::: LISTED RECORDS

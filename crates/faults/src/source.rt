//! What a source of facts declines.
ghost use Rattle.std.specs.Prelude.{◌≡◌};
ghost use Rattle.faults.specs.Sources.{source_number, source_rank, source_index, source_place};

/// Why a source of facts declines rows, to give a fact, or to apply a rule.
#[derive(Clone, Copy, PartialEq, Eq, Debug)]
pub enum SourceFault {
    /// There are over 4,096 rows.
    TooManyRows { rows: usize },
    /// A row is no fact: its arity or a kind in it is wrong. The first such row.
    WrongRow { row: usize },
    /// There is no fact of this index.
    NoFact { index: usize },
    /// What the variables are given is no match of the rule on the facts below.
    NoMatch,
    /// The match is satisfied on the facts below.
    SatisfiedMatch,
    /// A new null would be numbered over 65,535.
    NullTooLarge,
    /// There would be over 4,096 facts.
    TooManyFacts,
}

// The four parts of a refusal, as `Fault` has them: here the layer is always the source, and no index in the contents is
// concerned.
impl SourceFault {
    /// The refusal's number, 15 to 21.
    pub fn number(self) -> u8
        ensures { result ≡ source_number self }
    {
        match self {
            SourceFault::TooManyRows { .. } => 15,
            SourceFault::WrongRow { .. } => 16,
            SourceFault::NoFact { .. } => 17,
            SourceFault::NoMatch => 18,
            SourceFault::SatisfiedMatch => 19,
            SourceFault::NullTooLarge => 20,
            SourceFault::TooManyFacts => 21,
        }
    }

    /// The rank of the layer, which is 7.
    pub fn rank(self) -> u8
        ensures { result ≡ source_rank self }
    {
        7
    }

    /// The index in the contents, which is 0.
    pub fn index(self) -> usize
        ensures { result ≡ source_index self }
    {
        0
    }

    /// How many rows there are, the index of the wrong row, or the index that was asked for; for an application 0.
    pub fn place(self) -> usize
        ensures { result ≡ source_place self }
    {
        match self {
            SourceFault::TooManyRows { rows } => rows,
            SourceFault::WrongRow { row } => row,
            SourceFault::NoFact { index } => index,
            _ => 0,
        }
    }
}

::::::

This exercise calls for every record to be restated word for word.

[ANSWER TO THE EXERCISE]:
filename crates/faults/src/source.rt
//! What a source of facts declines.
ghost use Rattle.std.specs.Prelude.{◌≡◌};
ghost use Rattle.faults.specs.Sources.{source_number, source_rank, source_index, source_place};

/// Why a source of facts declines rows, to give a fact, or to apply a rule.
#[derive(Clone, Copy, PartialEq, Eq, Debug)]
pub enum SourceFault {
    /// There are over 4,096 rows.
    TooManyRows { rows: usize },
    /// A row is no fact: its arity or a kind in it is wrong. The first such row.
    WrongRow { row: usize },
    /// There is no fact of this index.
    NoFact { index: usize },
    /// What the variables are given is no match of the rule on the facts below.
    NoMatch,
    /// The match is satisfied on the facts below.
    SatisfiedMatch,
    /// A new null would be numbered over 65,535.
    NullTooLarge,
    /// There would be over 4,096 facts.
    TooManyFacts,
}

// The four parts of a refusal, as `Fault` has them: here the layer is always the source, and no index in the contents is
// concerned.
impl SourceFault {
    /// The refusal's number, 15 to 21.
    pub fn number(self) -> u8
        ensures { result ≡ source_number self }
    {
        match self {
            SourceFault::TooManyRows { .. } => 15,
            SourceFault::WrongRow { .. } => 16,
            SourceFault::NoFact { .. } => 17,
            SourceFault::NoMatch => 18,
            SourceFault::SatisfiedMatch => 19,
            SourceFault::NullTooLarge => 20,
            SourceFault::TooManyFacts => 21,
        }
    }

    /// The rank of the layer, which is 7.
    pub fn rank(self) -> u8
        ensures { result ≡ source_rank self }
    {
        7
    }

    /// The index in the contents, which is 0.
    pub fn index(self) -> usize
        ensures { result ≡ source_index self }
    {
        0
    }

    /// How many rows there are, the index of the wrong row, or the index that was asked for; for an application 0.
    pub fn place(self) -> usize
        ensures { result ≡ source_place self }
    {
        match self {
            SourceFault::TooManyRows { rows } => rows,
            SourceFault::WrongRow { row } => row,
            SourceFault::NoFact { index } => index,
            _ => 0,
        }
    }
}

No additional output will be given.